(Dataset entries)
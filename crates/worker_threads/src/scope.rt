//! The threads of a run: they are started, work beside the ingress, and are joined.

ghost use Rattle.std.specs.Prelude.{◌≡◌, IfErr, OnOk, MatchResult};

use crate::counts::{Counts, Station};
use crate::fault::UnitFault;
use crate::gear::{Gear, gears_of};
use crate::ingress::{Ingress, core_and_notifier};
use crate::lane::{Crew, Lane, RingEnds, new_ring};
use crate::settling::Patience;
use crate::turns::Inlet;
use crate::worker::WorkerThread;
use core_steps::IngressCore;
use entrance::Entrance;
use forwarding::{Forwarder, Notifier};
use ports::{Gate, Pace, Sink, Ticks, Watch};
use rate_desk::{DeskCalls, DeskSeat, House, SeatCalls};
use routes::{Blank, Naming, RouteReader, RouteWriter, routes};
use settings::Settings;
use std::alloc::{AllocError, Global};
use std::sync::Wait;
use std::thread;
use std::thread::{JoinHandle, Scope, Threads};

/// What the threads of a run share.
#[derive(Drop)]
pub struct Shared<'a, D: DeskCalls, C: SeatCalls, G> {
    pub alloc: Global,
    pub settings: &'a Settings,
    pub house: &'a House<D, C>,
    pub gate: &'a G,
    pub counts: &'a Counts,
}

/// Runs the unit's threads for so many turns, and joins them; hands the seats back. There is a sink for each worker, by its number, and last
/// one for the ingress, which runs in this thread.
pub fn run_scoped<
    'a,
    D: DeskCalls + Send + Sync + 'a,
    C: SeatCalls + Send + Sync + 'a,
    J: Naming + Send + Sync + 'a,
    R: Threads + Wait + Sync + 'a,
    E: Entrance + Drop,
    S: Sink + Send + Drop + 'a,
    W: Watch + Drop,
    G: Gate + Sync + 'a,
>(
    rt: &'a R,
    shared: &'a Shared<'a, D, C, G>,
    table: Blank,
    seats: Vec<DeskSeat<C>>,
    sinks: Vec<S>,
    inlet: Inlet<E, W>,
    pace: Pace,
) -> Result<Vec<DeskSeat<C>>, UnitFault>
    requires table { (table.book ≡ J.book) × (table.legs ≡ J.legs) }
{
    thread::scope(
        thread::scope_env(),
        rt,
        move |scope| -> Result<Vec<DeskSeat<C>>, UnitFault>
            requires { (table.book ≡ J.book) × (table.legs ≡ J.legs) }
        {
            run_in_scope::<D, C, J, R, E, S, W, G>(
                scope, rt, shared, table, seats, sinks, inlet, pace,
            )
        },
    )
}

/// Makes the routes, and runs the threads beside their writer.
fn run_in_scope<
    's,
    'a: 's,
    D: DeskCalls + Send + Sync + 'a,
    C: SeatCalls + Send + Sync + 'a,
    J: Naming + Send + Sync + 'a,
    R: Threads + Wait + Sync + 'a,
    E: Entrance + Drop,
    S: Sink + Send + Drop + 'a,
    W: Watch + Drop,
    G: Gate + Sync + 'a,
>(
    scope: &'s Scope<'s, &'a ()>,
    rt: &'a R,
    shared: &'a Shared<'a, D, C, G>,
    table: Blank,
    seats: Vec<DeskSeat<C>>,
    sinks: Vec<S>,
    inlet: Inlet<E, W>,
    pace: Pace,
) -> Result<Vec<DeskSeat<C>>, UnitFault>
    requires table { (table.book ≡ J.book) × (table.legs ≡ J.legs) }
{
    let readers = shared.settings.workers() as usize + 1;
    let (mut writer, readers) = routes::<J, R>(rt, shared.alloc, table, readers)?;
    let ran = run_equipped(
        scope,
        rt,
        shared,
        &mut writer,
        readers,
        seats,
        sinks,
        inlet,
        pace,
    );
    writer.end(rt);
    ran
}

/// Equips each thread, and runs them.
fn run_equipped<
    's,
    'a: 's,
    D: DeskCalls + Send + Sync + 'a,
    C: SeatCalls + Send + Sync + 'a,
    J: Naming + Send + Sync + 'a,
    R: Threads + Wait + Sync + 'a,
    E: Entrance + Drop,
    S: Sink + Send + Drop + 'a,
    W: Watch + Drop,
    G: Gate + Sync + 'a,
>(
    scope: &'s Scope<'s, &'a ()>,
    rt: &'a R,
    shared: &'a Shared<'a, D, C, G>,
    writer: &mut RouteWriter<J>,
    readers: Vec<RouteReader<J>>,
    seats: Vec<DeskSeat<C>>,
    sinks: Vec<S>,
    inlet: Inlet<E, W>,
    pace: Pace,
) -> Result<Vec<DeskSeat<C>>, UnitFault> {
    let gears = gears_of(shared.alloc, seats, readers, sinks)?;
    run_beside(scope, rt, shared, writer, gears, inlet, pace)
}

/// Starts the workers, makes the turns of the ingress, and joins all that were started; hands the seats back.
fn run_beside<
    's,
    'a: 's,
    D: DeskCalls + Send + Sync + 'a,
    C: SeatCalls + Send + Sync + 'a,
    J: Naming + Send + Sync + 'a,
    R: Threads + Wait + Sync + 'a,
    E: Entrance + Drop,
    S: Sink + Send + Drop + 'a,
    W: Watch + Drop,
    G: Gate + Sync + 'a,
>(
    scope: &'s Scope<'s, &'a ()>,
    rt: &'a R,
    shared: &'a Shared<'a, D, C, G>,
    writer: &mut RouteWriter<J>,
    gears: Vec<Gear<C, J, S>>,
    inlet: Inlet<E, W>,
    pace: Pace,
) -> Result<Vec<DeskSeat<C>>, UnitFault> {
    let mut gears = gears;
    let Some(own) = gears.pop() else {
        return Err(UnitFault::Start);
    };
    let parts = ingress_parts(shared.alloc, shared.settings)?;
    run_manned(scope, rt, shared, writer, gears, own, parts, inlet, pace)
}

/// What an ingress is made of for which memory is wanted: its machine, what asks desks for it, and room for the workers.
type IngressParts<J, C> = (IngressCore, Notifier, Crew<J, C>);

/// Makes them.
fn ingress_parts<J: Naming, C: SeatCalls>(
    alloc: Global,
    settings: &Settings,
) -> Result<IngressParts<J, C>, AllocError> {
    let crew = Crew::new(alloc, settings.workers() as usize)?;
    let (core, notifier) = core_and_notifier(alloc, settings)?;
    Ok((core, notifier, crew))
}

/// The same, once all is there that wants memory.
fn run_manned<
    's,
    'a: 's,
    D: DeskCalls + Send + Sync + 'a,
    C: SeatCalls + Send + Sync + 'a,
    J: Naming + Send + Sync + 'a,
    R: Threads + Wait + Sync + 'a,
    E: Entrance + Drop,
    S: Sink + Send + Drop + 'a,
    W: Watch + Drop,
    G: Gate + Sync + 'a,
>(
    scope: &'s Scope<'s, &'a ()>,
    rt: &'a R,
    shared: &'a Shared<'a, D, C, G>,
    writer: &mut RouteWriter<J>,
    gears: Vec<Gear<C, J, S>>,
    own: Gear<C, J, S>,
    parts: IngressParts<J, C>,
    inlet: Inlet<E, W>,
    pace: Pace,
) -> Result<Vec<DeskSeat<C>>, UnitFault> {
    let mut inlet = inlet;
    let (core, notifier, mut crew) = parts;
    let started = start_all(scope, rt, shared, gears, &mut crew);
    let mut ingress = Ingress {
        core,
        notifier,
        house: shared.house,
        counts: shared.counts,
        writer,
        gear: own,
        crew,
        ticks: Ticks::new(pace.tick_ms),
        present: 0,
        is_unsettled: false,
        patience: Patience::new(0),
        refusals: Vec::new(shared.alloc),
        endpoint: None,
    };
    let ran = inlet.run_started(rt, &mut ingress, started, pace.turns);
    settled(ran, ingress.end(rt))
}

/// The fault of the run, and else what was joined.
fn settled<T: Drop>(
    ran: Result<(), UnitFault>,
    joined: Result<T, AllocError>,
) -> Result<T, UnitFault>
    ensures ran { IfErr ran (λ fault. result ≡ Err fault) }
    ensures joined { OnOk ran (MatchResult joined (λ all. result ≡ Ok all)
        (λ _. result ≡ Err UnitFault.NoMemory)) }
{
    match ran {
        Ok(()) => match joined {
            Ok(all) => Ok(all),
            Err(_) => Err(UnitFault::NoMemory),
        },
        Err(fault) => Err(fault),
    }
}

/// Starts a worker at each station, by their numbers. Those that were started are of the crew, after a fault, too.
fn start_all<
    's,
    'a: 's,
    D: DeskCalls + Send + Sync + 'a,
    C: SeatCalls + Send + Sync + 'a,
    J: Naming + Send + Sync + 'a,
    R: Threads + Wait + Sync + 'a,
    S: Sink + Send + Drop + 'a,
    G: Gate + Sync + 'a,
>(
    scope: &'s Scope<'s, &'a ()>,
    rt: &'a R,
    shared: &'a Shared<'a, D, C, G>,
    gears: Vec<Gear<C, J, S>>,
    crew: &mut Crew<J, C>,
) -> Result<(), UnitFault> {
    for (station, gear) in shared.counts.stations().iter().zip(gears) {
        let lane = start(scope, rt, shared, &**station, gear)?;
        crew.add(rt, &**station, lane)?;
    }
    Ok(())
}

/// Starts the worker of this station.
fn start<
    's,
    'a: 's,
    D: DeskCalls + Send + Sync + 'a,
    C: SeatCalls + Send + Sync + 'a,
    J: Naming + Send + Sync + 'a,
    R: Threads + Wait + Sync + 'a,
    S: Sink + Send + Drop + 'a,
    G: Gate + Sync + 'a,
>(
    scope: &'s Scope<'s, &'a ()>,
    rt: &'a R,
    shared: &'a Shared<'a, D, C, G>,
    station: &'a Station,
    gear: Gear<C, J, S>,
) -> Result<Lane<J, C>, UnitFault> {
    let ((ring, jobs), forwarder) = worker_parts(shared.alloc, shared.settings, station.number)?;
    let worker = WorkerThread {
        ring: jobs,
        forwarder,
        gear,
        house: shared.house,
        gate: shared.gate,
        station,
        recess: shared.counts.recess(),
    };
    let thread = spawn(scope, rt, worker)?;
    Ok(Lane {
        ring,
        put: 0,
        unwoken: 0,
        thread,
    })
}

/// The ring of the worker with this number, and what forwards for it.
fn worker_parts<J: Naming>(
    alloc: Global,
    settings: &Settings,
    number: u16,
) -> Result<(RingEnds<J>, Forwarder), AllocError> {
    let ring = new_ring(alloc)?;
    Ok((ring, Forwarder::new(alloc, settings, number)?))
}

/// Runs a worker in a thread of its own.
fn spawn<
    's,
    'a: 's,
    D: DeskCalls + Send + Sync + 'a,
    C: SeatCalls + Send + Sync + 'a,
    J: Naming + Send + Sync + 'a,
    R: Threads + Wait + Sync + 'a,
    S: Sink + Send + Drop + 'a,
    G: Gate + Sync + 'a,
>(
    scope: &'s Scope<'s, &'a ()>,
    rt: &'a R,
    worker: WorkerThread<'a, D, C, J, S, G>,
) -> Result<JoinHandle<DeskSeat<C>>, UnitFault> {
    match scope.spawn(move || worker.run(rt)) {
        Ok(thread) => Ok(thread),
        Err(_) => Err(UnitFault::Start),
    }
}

_HOW TO COMPLETE THIS TASK_. Keep to the lines from the one containing "for (station, gear)" to the end of the entries above, and retype them exactly.

_RESULT_.
    for (station, gear) in shared.counts.stations().iter().zip(gears) {
        let lane = start(scope, rt, shared, &**station, gear)?;
        crew.add(rt, &**station, lane)?;
    }
    Ok(())
}

/// Starts the worker of this station.
fn start<
    's,
    'a: 's,
    D: DeskCalls + Send + Sync + 'a,
    C: SeatCalls + Send + Sync + 'a,
    J: Naming + Send + Sync + 'a,
    R: Threads + Wait + Sync + 'a,
    S: Sink + Send + Drop + 'a,
    G: Gate + Sync + 'a,
>(
    scope: &'s Scope<'s, &'a ()>,
    rt: &'a R,
    shared: &'a Shared<'a, D, C, G>,
    station: &'a Station,
    gear: Gear<C, J, S>,
) -> Result<Lane<J, C>, UnitFault> {
    let ((ring, jobs), forwarder) = worker_parts(shared.alloc, shared.settings, station.number)?;
    let worker = WorkerThread {
        ring: jobs,
        forwarder,
        gear,
        house: shared.house,
        gate: shared.gate,
        station,
        recess: shared.counts.recess(),
    };
    let thread = spawn(scope, rt, worker)?;
    Ok(Lane {
        ring,
        put: 0,
        unwoken: 0,
        thread,
    })
}

/// The ring of the worker with this number, and what forwards for it.
fn worker_parts<J: Naming>(
    alloc: Global,
    settings: &Settings,
    number: u16,
) -> Result<(RingEnds<J>, Forwarder), AllocError> {
    let ring = new_ring(alloc)?;
    Ok((ring, Forwarder::new(alloc, settings, number)?))
}

/// Runs a worker in a thread of its own.
fn spawn<
    's,
    'a: 's,
    D: DeskCalls + Send + Sync + 'a,
    C: SeatCalls + Send + Sync + 'a,
    J: Naming + Send + Sync + 'a,
    R: Threads + Wait + Sync + 'a,
    S: Sink + Send + Drop + 'a,
    G: Gate + Sync + 'a,
>(
    scope: &'s Scope<'s, &'a ()>,
    rt: &'a R,
    worker: WorkerThread<'a, D, C, J, S, G>,
) -> Result<JoinHandle<DeskSeat<C>>, UnitFault> {
    match scope.spawn(move || worker.run(rt)) {
        Ok(thread) => Ok(thread),
        Err(_) => Err(UnitFault::Start),
    }
}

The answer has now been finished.